Let $$O$$, $$H$$, $$L$$, and $$C$$ be random variables denoting the Open, High, Low, and Close Prices, respectively, and let their respective values at Index $$t$$ be $$O_t$$, $$H_t$$, $$L_t$$, and $$C_t$$.

We denote the Highest High and Lowest Low at Index $$t$$ over $$n$$ periods as $$\max_t(H,n)$$ and $$\min_t(L,n)$$, respectively, and we compute them for $$t \geq 0$$ as follows.

$$\max_t(H,n) = \displaystyle{ \left\{ \begin{matrix} \max\{H_0,...,H_t\} & t < n - 1 \\ \max\{H_{t - n + 1},...,H_t\} & t \geq n - 1 \end{matrix}\right .}$$

$$\min_t(L,n) = \displaystyle{ \left\{ \begin{matrix} \min\{L_0,...,L_t\} & t < n - 1 \\ \min\{L_{t - n + 1},...,L_t\} & t \geq n - 1 \end{matrix}\right .}$$

Let the Length Input be denoted as $$n$$. Then we denote the Bullish Weighting and the Bearish Weighting for the given Input as $$W^{(Bull)}_t(n)$$ and $$W^{(Bear)}_t(n)$$, respectively, and we compute them for $$t \geq 0$$ as follows.
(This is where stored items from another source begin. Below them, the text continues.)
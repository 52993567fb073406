//! The journals of a whole run, as an independent program of the formats made them: one task of counts, three reports in
//! one lane, and the collection of their batch. In format 1, in which they begin with an Open of format 1, and in format 2.

use crate::legal;
use dap_bytes::{Node, Part};
use lane_records::read_records;
use std::alloc::Global;
use std::test::Fail;

const LEADER_FRONT: [&[u8]; 4] = [
    b"!\x01\x01",
    b"\x22\x01v\0\0\0\0\x03\0\0\x0e\x10\xb8\xec\x9d\x96\xebAwW\x87\x8b\xfe\xd2.\xa8,\xba\xc6\x98\xe8\x06F;\xa2\xe4\xbd\x9f\xa6\xd2\xb9H\xc7\xb4,j\x19\x0c\xf62N\xd9r\xe3\xaa\xd3G\xa2\x88\xfb",
    b"#\x01v\0\0\0\0\0\0\0\0",
    b"$\x01v\0\0\0\0\0\0\0\0\0\0\0\x03\0\0\0\0\0\0\0\x08\xf4\xf0\x8c\xdfJ\xe7\x1b\x14\0\0\0\x08\x0f\x0fs \xb4\x18\xe4\xeb",
];

const LEADER_FRONT_TWO: [&[u8]; 2] = [
    b"!\x02\x01",
    b"'\x01v\0\0\0\0\x03\0\0\x0e\x10\0\xb8\xec\x9d\x96\xebAwW\x87\x8b\xfe\xd2.\xa8,\xba\xc6\x98\xe8\x06F;\xa2\xe4\xbd\x9f\xa6\xd2\xb9H\xc7\xb4,j\x19\x0c\xf62N\xd9r\xe3\xaa\xd3G\xa2\x88\xfb",
];

const LEADER_LANE: [&[u8]; 7] = [
    b"\x01\x01\x01\0",
    b"\x02\x01v\0\0\0\0\0\0\0\0\0\0\0\0\0\0\0\x01\0\0\0\0\0\0\0\x0a\0\0\0\0\0\0\0\0\0@ie\xcb\x1d\xf9\xe3\x95\xf7F\x1a-\x8cjn1Mj\x17\xae\xca\0\xbc\x17\xd1\xe7el\x1bF\xc5B\xb3\x18\x80\xd1\xce?\x1aU\x81\xbe\xef\x1b\x99\xdd\xed\x88!\x9f\xfa\xdfbV\xf0\x8c&\x90w\x93\xa7\xc4\x8b\xca\xe9\0\0\00\xf0\xb0\xe9\x09%*O\xa1&\xe5\x10vx6\x12\x87fk\x1bp\xfbxG\xb4\xa1\x09\xb7\xf9\x1e\xc5\x99G!\x0a]\xc92$J\x8a\xf3\0\xd5\x15\xea\xd8\xac\xd4",
    b"\x02\x01v\0\0\0\0\0\0\0\0\0\0\0\0\0\0\0\x02\0\0\0\0\0\0\0\x14\0\0\0\0\0\0\0\0\0@+:\x1f\xd9\xefxw\x87\x83\xde1&\x06Zx\xf3$BlH\x80\xdc0\x7fDB\xfe\x22{\xe1\x5c h\xb4\0\x93\x889\x13\xabw\x0b\xf1.B\x07\x9d\x107V|\x02^\xe8\x84\xc5\xa6\xef\x93R&\xde\x01i\0\0\00\xf7\xafy\xeeD\xac\xf3\xc4s\xbe\xc5\x01Rz\xdf\x9d+\xb0*%\xa51\x01\x0c\x09\x5cQ&6\x05]\xb3\x13 D\x05\x1b\x891El\xa0`N\x82S\xf1\xba",
    b"\x02\x01v\0\0\0\0\0\0\0\0\0\0\0\0\0\0\0\x03\0\0\0\0\0\0\x0e\x0f\0\0\0\0\0\0\0\0\0@/\x16\x17\xb4\xae\xdcj\xfal\xd8\x14V\x99\xf9.5\x07\x0e\x81\x8ea\x92\xaf\x5c\xb7\x08<\xa7\xdeD\xcb\xecG(\xcb\xdc\xe9\xde\xfe0\x99F,\x8d\x96&a`0\xb7\xb6\xe5\xbc\x1d\xdf!o\xed\x9f'\xdd\x16\x9c\xf5\0\0\00\x8f\xd3z$)M'\x18m?g^w\xe0w\xa3\xe2D~\x84\xcd\xfb\xbfC\xf0\xee\xd5\x05m\xe1Ak\xef\xed\x05X\xc0\x93\x97H\xa0('\xbd\xdc\xa87;",
    b"\x03\x01v\x03\0\0\0\0\0\0\0\0\x01\0\0\0\0\0\0\0\x01\0\x03\0\0\0\0\0\0\0\0\0\0\0\0\0\0\0\x01\0\0\0\0\0\0\0\0\0\0\0\0\0\0\0\0\0\0\0\0\x02\0\0\0\0\0\0\0\0\0\0\0\0\0\0\0\0\0\0\0\0\x03\0\0\0\0\0",
    b"\x04\0\0\0\0\0\0\0\0\x01\0\0\0\0\0\0\0\x01\0\x03\0\0\0\0\0\0\0\0\0\0\0\0\0\0\0\x01\x01\0\0\0\x08Z\x19\x933yP\xa79\0\0\0\0\0\0\0\0\0\0\0\0\0\0\0\x02\x01\0\0\0\x08\x13\xce\x0a\x05\x95\xb4P\xed\0\0\0\0\0\0\0\0\0\0\0\0\0\0\0\x03\x01\0\0\0\x08\x89\x09\xef\xa6:\xe2#\xed",
    b"\x05\x01v\0\0\0\0\0\0\0\0\0\0\0\x03\0\0\0\0\x9e\x0eL\xf6\xdc\xb9\x15\xf5{\xa8\x06T\xd2\xee\x17\x1c\x188PQ'\0\xa7\x5cZ.\xfa\xb2\x1b\x82\xaf\xa8\0\0\0\x08\xf4\xf0\x8c\xdfJ\xe7\x1b\x14",
];

const LEADER_LANE_TWO: [&[u8]; 1] = [b"\x01\x02\x01\0"];

const HELPER_FRONT: [&[u8]; 3] = [
    b"1\x01\x01",
    b"2\x01v\0\0\0\0\x03\0\0\x0e\x10\xb8\xec\x9d\x96\xebAwW\x87\x8b\xfe\xd2.\xa8,\xba\x8b8;$-\xbf\xad|3\xcc9\xed\xe1;\x03\x9c\xc4\xb5\xbe\xb9s\xf8!\xe6\xb5\xd2\xd4c\xef\x1e\x968",
    b"4\x05\x01v\0\0\0\0\0\0\0\0\0\0\0\x03\x9e\x0eL\xf6\xdc\xb9\x15\xf5{\xa8\x06T\xd2\xee\x17\x1c\x188PQ'\0\xa7\x5cZ.\xfa\xb2\x1b\x82\xaf\xa8\x06\x01v\0\0\0\0\0\0\0\0\0\0\0\0\x08\x0f\x0fs \xb4\x18\xe4\xeb",
];

const HELPER_FRONT_TWO: [&[u8]; 2] = [
    b"1\x02\x01",
    b"7\x01v\0\0\0\0\x03\0\0\x0e\x10\0\xb8\xec\x9d\x96\xebAwW\x87\x8b\xfe\xd2.\xa8,\xba\x8b8;$-\xbf\xad|3\xcc9\xed\xe1;\x03\x9c\xc4\xb5\xbe\xb9s\xf8!\xe6\xb5\xd2\xd4c\xef\x1e\x968",
];

const HELPER_LANE: [&[u8]; 4] = [
    b"\x11\x01\x01\0",
    b"\x12\x01\0\0\0\0\0\0\0\0\x01\0\0\0\0\0\0\0\x01\x01v\0\x03\0\0\0\0\0\0\0\0\0\0\0\0\0\0\0\x01\0\0\0\0\0\0\0\x0a\0\0\0\0\0\0\00\xf0\xb0\xe9\x09%*O\xa1&\xe5\x10vx6\x12\x87fk\x1bp\xfbxG\xb4\xa1\x09\xb7\xf9\x1e\xc5\x99G!\x0a]\xc92$J\x8a\xf3\0\xd5\x15\xea\xd8\xac\xd4\0\0\0\0\0\0\0\0\0\0\0\0\0\0\0\x02\0\0\0\0\0\0\0\x14\0\0\0\0\0\0\00\xf7\xafy\xeeD\xac\xf3\xc4s\xbe\xc5\x01Rz\xdf\x9d+\xb0*%\xa51\x01\x0c\x09\x5cQ&6\x05]\xb3\x13 D\x05\x1b\x891El\xa0`N\x82S\xf1\xba\0\0\0\0\0\0\0\0\0\0\0\0\0\0\0\x03\0\0\0\0\0\0\x0e\x0f\0\0\0\0\0\0\00\x8f\xd3z$)M'\x18m?g^w\xe0w\xa3\xe2D~\x84\xcd\xfb\xbfC\xf0\xee\xd5\x05m\xe1Ak\xef\xed\x05X\xc0\x93\x97H\xa0('\xbd\xdc\xa87;",
    b"\x13\0\0\0\0\0\0\0\0\x01\0\0\0\0\0\0\0\x01\0\x03\0\0\0\0\0\0\0\0\0\0\0\0\0\0\0\x01\x01\0\0\0\x08\xa8\xe6l\xcc\x85\xafX\xc6\0\0\0\0\0\0\0\0\0\0\0\0\0\0\0\x02\x01\0\0\0\x08\xee1\xf5\xfaiK\xaf\x12\0\0\0\0\0\0\0\0\0\0\0\0\0\0\0\x03\x01\0\0\0\x08y\xf6\x10Y\xc4\x1d\xdc\x12",
    b"\x14\x01v\0\0\0\0\0\0\0\0\0\0\0\x03\0\0\0\0\x9e\x0eL\xf6\xdc\xb9\x15\xf5{\xa8\x06T\xd2\xee\x17\x1c\x188PQ'\0\xa7\x5cZ.\xfa\xb2\x1b\x82\xaf\xa8\0\0\0\x08\x0f\x0fs \xb4\x18\xe4\xeb",
];

const HELPER_LANE_TWO: [&[u8]; 1] = [b"\x11\x02\x01\0"];

/// The records of a journal in format 2: its first ones, and behind them those of format 1 that are the same in both.
fn in_two(alloc: Global, two: &[&[u8]], one: &[&[u8]]) -> Result<Vec<Vec<u8>>, Fail> {
    let mut texts = Vec::new(alloc);
    for text in two.iter().chain(one.iter().skip(two.len())) {
        texts.push(text.to_vec(alloc)?)?;
    }
    Ok(texts)
}

/// Whether each byte string is a record, and the journal legal.
fn is_legal(alloc: Global, node: Node, part: Part, texts: &[Vec<u8>]) -> Result<bool, Fail> {
    let Ok(records) = read_records(alloc, texts) else {
        return Ok(false);
    };
    Ok(legal(alloc, part, node, &records)?.is_none())
}

/// Whether the journal is legal in format 1, in format 2, and in format 1 with an Open of format 2 behind it, and not in
/// format 2 with an Open of format 1 behind it.
fn is_carried_over(
    alloc: Global,
    node: Node,
    part: Part,
    one: &[&[u8]],
    two: &[&[u8]],
) -> Result<bool, Fail> {
    let old = in_two(alloc, &[], one)?;
    let mut new = in_two(alloc, two, one)?;
    let mut carried = in_two(alloc, &[], one)?;
    if let (Some(open), Some(old_open)) = (two.first(), one.first()) {
        carried.push(open.to_vec(alloc)?)?;
        if !is_legal(alloc, node, part, &new)? {
            return Ok(false);
        }
        new.push(old_open.to_vec(alloc)?)?;
    }
    Ok(
        is_legal(alloc, node, part, &old)?
            && is_legal(alloc, node, part, &carried)?
            && !is_legal(alloc, node, part, &new)?,
    )
}

#[test]
fn the_lanes_of_a_run_are_legal_in_both_formats(rt: HostRuntime) -> Result<(), Fail> {
    let alloc = rt.alloc();
    let lane = Part::Lane(0);
    assert!(rt; is_carried_over(alloc, Node::Leader, lane, &LEADER_LANE, &LEADER_LANE_TWO)?);
    assert!(rt; is_carried_over(alloc, Node::Helper, lane, &HELPER_LANE, &HELPER_LANE_TWO)?);
    Ok(())
}

#[test]
fn the_fronts_of_a_run_are_legal_in_both_formats(rt: HostRuntime) -> Result<(), Fail> {
    let alloc = rt.alloc();
    assert!(rt;
        is_carried_over(
            alloc,
            Node::Leader,
            Part::Front,
            &LEADER_FRONT,
            &LEADER_FRONT_TWO
        )?
    );
    assert!(rt;
        is_carried_over(
            alloc,
            Node::Helper,
            Part::Front,
            &HELPER_FRONT,
            &HELPER_FRONT_TWO
        )?
    );
    Ok(())
}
$$W^{(Bull)}_t(n) = \displaystyle{\left\{ \begin{matrix} 100\cdot\frac{3C_t - 2\min_t(L,n) - O_0}{C_t} & t < n - 1 \\ 100\cdot\frac{3C_t - 2\min_t(L,n) - O_{t - n + 1}}{C_t} & t \geq n - 1 \end{matrix}\right .}$$

$$W^{(Bear)}_t(n) = \displaystyle{\left\{ \begin{matrix} 100\cdot\frac{O_0 + 2\max_t(H,n) - 3C_t}{C_t} & t < n - 1 \\ 100\cdot\frac{O_{t - n + 1} + 2\max_t(H,n) - 3C_t}{C_t} & t \geq n - 1 \end{matrix}\right .}$$

Finally, we denote Repulse at Index $$t$$ for the given Input as $$Repulse_t(n)$$, and we compute it in terms of Exponential Moving Averages of the Bullish and Bearish Weightings for $$t \geq 0$$ as follows.

$$Repulse_t(n) = EMA_t\left(W^{(Bull)}(n),5n\right) - EMA_t\left(W^{(Bear)}(n),5n\right)$$